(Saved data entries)
Segment Open
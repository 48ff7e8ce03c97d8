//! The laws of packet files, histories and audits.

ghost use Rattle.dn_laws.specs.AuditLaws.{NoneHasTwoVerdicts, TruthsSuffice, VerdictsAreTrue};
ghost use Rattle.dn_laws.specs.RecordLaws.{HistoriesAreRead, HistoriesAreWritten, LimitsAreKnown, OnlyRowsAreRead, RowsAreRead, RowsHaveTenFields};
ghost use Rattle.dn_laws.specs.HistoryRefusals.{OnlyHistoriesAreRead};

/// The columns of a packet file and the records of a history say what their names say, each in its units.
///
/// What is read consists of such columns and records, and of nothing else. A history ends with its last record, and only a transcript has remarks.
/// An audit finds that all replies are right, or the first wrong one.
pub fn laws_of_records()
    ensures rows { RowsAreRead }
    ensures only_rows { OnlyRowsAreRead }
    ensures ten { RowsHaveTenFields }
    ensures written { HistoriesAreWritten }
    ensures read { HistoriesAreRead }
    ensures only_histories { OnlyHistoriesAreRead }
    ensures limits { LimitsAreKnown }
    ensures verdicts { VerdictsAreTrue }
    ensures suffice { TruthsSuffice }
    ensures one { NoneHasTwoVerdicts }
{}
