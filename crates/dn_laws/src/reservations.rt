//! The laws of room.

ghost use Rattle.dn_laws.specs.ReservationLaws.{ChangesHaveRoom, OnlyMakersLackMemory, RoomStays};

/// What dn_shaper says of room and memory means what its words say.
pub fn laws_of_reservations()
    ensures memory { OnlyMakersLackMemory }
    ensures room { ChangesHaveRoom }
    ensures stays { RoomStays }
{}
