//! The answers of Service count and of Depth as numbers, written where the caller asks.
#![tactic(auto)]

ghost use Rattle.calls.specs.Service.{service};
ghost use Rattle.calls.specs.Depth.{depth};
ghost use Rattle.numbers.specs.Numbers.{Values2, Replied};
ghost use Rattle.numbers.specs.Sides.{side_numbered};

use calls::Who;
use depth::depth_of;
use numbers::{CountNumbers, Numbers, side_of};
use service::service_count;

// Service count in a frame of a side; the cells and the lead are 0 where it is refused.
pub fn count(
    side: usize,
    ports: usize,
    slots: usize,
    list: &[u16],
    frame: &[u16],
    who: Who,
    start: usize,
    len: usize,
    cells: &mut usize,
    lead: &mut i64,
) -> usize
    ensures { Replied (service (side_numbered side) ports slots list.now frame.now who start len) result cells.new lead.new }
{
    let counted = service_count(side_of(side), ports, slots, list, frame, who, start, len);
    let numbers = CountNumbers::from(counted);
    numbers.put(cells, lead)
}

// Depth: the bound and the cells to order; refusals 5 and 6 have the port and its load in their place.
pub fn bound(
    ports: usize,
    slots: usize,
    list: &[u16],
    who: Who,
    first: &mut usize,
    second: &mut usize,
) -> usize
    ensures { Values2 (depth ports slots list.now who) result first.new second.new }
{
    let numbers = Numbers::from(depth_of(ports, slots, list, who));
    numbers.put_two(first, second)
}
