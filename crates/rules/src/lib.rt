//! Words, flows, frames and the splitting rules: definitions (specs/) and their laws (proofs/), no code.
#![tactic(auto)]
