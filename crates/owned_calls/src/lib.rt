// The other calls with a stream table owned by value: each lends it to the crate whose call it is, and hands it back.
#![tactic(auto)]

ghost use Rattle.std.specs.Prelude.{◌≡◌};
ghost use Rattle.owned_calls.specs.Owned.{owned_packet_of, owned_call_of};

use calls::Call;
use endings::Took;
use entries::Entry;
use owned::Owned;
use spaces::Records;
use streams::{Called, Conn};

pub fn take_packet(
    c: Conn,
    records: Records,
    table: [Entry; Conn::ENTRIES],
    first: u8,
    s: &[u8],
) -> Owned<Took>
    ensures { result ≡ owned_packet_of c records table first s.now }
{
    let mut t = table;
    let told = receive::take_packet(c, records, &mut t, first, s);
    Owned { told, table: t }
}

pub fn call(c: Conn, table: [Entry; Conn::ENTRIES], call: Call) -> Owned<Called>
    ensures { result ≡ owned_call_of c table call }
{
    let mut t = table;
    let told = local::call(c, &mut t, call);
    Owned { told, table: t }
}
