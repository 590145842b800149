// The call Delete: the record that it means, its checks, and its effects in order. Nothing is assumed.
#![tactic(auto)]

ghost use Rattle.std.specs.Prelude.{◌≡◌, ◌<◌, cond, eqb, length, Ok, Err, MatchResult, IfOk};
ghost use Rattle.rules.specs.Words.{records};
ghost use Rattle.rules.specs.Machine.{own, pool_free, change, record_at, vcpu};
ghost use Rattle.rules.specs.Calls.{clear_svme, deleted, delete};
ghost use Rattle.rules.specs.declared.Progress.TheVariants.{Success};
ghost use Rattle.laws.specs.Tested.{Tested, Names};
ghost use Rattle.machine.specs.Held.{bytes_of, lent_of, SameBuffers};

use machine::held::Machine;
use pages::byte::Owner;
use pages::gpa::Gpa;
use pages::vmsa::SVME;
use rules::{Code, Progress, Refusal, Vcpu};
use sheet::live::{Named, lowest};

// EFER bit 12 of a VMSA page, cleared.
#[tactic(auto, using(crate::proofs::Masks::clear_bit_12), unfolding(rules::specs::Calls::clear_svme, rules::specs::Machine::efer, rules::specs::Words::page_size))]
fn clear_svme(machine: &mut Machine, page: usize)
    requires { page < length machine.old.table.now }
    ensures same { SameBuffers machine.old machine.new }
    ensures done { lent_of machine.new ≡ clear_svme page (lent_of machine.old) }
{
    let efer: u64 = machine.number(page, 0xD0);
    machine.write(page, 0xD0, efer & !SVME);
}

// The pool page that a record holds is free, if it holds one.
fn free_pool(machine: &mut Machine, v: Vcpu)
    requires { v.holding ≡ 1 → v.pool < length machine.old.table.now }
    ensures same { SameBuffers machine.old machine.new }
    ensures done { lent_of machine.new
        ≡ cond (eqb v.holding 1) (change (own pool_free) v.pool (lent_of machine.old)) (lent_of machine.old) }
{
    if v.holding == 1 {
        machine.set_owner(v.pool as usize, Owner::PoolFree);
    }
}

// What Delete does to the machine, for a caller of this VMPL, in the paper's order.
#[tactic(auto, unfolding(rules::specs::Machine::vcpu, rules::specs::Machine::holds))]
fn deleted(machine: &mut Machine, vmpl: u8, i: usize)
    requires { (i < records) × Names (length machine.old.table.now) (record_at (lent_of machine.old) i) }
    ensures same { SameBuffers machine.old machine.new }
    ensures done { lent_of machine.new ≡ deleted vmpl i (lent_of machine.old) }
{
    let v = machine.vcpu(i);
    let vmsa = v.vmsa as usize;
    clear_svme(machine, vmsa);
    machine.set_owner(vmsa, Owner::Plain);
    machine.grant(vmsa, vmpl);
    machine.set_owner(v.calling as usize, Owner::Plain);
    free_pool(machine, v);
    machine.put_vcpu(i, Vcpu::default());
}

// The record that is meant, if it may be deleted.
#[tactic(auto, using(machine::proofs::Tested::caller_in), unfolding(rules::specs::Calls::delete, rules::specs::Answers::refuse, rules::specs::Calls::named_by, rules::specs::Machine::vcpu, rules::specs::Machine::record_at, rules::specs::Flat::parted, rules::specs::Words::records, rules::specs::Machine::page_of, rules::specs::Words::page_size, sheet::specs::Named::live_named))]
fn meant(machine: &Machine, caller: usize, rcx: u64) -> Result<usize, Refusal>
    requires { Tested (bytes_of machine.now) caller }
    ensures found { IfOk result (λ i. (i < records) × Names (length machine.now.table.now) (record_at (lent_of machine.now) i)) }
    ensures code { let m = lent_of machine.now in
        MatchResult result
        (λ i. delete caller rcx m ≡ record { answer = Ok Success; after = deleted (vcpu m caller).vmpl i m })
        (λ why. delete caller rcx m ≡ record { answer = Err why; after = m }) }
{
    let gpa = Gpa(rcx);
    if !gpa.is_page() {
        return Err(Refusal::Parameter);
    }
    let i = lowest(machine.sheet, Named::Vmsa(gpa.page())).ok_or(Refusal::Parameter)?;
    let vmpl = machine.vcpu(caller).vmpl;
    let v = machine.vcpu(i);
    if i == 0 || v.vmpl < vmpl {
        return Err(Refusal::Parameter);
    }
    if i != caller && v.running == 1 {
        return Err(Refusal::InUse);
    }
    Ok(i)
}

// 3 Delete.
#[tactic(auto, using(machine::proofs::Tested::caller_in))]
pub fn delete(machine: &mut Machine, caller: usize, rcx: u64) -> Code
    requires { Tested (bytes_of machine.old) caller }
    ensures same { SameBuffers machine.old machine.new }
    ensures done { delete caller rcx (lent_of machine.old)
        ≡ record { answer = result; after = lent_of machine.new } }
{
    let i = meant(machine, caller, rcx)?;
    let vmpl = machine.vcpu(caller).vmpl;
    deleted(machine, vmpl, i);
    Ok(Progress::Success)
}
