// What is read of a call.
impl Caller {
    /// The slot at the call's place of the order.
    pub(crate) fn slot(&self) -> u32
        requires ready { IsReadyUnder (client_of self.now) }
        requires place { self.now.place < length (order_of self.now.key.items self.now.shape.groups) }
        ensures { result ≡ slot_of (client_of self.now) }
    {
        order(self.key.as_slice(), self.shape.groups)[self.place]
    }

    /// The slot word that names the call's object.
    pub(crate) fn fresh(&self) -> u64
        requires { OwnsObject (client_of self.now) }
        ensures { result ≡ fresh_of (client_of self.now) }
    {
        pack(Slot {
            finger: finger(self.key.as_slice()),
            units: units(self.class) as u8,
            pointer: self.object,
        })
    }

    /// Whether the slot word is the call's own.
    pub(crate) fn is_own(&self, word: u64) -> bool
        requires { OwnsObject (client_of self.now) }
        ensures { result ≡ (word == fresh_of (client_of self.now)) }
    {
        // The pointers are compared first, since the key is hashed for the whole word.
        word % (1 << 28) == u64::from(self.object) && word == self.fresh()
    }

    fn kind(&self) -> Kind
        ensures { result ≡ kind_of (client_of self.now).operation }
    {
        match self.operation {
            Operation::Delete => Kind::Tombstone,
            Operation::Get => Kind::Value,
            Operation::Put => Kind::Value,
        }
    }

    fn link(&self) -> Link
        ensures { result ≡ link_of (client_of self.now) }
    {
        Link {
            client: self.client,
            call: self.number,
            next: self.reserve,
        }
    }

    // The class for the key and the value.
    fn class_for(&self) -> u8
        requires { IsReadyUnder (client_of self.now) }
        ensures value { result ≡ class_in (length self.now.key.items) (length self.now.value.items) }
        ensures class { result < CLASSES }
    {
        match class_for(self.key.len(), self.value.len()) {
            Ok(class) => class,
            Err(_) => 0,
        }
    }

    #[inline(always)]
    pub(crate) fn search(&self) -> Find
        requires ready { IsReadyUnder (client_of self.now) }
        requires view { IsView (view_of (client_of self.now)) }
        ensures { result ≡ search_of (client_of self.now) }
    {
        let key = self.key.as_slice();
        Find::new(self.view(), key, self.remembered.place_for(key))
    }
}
Segment Closed
Segment Open
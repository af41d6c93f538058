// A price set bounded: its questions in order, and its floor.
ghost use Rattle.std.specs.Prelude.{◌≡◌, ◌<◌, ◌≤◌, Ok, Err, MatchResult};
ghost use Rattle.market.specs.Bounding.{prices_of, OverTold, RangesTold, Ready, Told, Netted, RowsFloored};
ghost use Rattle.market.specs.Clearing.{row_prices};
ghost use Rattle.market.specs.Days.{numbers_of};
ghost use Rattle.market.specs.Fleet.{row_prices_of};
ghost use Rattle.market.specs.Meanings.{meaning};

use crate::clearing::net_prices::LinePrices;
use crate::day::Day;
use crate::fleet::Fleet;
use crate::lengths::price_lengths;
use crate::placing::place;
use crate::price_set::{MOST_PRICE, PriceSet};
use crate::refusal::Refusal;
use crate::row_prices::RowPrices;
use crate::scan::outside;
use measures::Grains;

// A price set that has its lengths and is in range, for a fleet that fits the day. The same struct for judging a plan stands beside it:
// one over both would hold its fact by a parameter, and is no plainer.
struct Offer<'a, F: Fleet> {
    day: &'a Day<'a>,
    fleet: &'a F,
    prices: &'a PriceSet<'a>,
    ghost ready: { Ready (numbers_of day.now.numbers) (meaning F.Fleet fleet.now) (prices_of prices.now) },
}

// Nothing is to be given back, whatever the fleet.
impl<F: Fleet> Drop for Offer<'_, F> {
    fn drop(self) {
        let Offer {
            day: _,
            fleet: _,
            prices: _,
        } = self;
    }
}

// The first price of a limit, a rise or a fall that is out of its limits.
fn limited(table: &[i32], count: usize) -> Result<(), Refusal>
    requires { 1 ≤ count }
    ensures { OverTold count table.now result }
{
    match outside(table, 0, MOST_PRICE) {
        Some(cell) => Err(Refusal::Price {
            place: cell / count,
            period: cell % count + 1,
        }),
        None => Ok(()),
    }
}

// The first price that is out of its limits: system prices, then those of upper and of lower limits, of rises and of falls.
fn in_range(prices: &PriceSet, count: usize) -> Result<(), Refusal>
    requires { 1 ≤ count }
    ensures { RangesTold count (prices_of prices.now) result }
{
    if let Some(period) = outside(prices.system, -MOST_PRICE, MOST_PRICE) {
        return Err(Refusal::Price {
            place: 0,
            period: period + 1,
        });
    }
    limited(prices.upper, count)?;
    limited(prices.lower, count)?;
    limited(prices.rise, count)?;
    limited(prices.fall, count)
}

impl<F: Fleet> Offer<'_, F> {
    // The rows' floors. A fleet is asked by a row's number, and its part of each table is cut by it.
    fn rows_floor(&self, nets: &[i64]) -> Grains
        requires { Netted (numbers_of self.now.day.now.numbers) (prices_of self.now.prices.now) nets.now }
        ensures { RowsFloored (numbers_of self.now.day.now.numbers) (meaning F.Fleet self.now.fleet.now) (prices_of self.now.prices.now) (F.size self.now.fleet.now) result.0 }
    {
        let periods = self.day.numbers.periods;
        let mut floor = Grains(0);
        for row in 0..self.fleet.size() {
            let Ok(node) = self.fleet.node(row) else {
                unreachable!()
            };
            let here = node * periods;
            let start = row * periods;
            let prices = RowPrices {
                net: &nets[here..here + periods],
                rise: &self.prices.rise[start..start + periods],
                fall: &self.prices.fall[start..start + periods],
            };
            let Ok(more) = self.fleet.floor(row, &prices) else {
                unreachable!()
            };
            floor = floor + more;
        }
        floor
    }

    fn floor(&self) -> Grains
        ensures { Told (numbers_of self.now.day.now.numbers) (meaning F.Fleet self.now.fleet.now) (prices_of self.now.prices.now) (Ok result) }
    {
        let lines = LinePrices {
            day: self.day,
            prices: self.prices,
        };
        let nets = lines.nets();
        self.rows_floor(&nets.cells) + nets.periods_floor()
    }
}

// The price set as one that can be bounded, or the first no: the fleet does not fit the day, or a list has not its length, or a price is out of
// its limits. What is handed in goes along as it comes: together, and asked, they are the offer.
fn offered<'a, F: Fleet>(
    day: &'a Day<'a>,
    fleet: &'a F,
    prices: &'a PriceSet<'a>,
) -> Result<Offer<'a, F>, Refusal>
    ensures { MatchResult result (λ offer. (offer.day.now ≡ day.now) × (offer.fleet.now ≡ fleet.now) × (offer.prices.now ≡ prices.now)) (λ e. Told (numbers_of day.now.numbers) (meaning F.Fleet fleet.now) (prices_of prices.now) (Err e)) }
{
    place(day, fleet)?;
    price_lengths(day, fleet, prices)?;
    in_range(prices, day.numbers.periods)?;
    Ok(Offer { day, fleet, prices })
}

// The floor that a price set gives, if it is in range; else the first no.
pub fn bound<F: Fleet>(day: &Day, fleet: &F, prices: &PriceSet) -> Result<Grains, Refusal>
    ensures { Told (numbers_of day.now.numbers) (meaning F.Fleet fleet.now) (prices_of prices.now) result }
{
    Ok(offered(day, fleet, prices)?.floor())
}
Segment Closed
Segment Open
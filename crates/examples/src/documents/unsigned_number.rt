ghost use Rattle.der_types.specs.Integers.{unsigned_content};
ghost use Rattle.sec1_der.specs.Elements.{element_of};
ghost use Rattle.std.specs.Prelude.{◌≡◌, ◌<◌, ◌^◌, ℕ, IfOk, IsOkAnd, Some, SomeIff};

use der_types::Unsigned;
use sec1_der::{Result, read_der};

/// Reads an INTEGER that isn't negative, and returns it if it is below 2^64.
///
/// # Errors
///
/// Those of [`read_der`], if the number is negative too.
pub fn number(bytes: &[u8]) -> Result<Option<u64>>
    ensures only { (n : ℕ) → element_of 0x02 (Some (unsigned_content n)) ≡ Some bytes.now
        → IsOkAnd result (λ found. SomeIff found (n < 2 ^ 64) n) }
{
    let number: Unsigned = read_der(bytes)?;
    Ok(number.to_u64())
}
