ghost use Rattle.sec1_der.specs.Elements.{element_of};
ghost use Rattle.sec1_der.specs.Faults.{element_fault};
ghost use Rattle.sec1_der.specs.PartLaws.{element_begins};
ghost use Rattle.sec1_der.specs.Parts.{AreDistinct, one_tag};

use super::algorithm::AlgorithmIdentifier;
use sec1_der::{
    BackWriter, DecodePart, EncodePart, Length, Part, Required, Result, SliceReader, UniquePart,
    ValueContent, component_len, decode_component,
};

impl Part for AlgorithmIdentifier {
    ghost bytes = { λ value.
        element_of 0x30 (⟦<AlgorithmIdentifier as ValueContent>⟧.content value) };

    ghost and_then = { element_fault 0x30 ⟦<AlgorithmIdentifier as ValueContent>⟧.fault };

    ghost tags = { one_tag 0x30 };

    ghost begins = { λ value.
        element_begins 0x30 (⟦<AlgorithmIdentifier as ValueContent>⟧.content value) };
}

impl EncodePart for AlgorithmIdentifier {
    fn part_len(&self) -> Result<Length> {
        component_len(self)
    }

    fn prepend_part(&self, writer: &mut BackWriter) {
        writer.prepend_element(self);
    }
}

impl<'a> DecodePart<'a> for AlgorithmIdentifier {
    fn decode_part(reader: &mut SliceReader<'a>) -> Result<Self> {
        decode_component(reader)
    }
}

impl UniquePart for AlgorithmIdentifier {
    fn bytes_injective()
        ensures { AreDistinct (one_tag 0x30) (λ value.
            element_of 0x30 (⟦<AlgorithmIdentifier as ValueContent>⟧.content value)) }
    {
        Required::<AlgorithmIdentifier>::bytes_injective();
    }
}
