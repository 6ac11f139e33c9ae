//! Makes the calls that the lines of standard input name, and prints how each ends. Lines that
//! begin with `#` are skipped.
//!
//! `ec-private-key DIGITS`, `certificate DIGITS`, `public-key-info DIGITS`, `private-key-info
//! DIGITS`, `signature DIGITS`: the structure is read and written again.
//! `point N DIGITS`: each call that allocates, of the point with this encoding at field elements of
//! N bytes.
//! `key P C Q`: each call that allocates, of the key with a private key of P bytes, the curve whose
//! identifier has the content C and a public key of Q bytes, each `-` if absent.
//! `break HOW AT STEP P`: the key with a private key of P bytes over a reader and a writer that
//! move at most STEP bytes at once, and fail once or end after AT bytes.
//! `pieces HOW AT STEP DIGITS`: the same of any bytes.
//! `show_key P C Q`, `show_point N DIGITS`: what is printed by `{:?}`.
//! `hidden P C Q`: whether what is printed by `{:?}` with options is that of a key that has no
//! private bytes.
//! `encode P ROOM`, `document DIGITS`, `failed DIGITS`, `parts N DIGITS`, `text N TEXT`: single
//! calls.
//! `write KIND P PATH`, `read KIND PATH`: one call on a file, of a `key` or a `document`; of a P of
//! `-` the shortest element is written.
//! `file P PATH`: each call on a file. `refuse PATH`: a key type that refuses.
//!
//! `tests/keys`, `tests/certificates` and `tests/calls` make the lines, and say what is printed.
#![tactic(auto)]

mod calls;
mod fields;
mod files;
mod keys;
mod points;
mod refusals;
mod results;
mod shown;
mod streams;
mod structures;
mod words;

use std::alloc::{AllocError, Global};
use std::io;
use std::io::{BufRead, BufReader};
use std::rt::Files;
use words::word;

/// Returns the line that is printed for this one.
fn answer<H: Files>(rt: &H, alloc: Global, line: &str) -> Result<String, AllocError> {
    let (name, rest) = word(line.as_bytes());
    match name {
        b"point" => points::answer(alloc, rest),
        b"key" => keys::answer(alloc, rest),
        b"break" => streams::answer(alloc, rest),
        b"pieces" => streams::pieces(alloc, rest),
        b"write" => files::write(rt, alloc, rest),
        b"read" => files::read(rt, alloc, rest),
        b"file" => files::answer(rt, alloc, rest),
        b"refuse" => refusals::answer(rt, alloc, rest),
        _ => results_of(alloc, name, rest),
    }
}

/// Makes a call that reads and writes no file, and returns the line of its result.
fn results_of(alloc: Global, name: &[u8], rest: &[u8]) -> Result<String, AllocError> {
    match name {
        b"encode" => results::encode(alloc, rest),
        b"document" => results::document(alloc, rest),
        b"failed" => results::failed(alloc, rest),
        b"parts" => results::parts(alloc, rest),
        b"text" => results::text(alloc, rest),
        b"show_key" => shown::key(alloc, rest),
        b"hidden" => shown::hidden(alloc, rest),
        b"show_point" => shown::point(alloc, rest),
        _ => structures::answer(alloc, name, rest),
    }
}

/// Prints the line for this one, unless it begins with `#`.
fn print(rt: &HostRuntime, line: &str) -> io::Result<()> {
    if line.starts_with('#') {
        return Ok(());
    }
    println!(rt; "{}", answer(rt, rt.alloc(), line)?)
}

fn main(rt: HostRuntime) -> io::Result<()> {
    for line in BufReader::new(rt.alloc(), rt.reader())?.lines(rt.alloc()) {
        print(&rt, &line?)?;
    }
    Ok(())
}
Segment Closed
Exercise goal: Among the records above, find each line containing the string "STEP" and copy it.

Finished task:
//! `break HOW AT STEP P`: the key with a private key of P bytes over a reader and a writer that
//! move at most STEP bytes at once, and fail once or end after AT bytes.
//! `pieces HOW AT STEP DIGITS`: the same of any bytes.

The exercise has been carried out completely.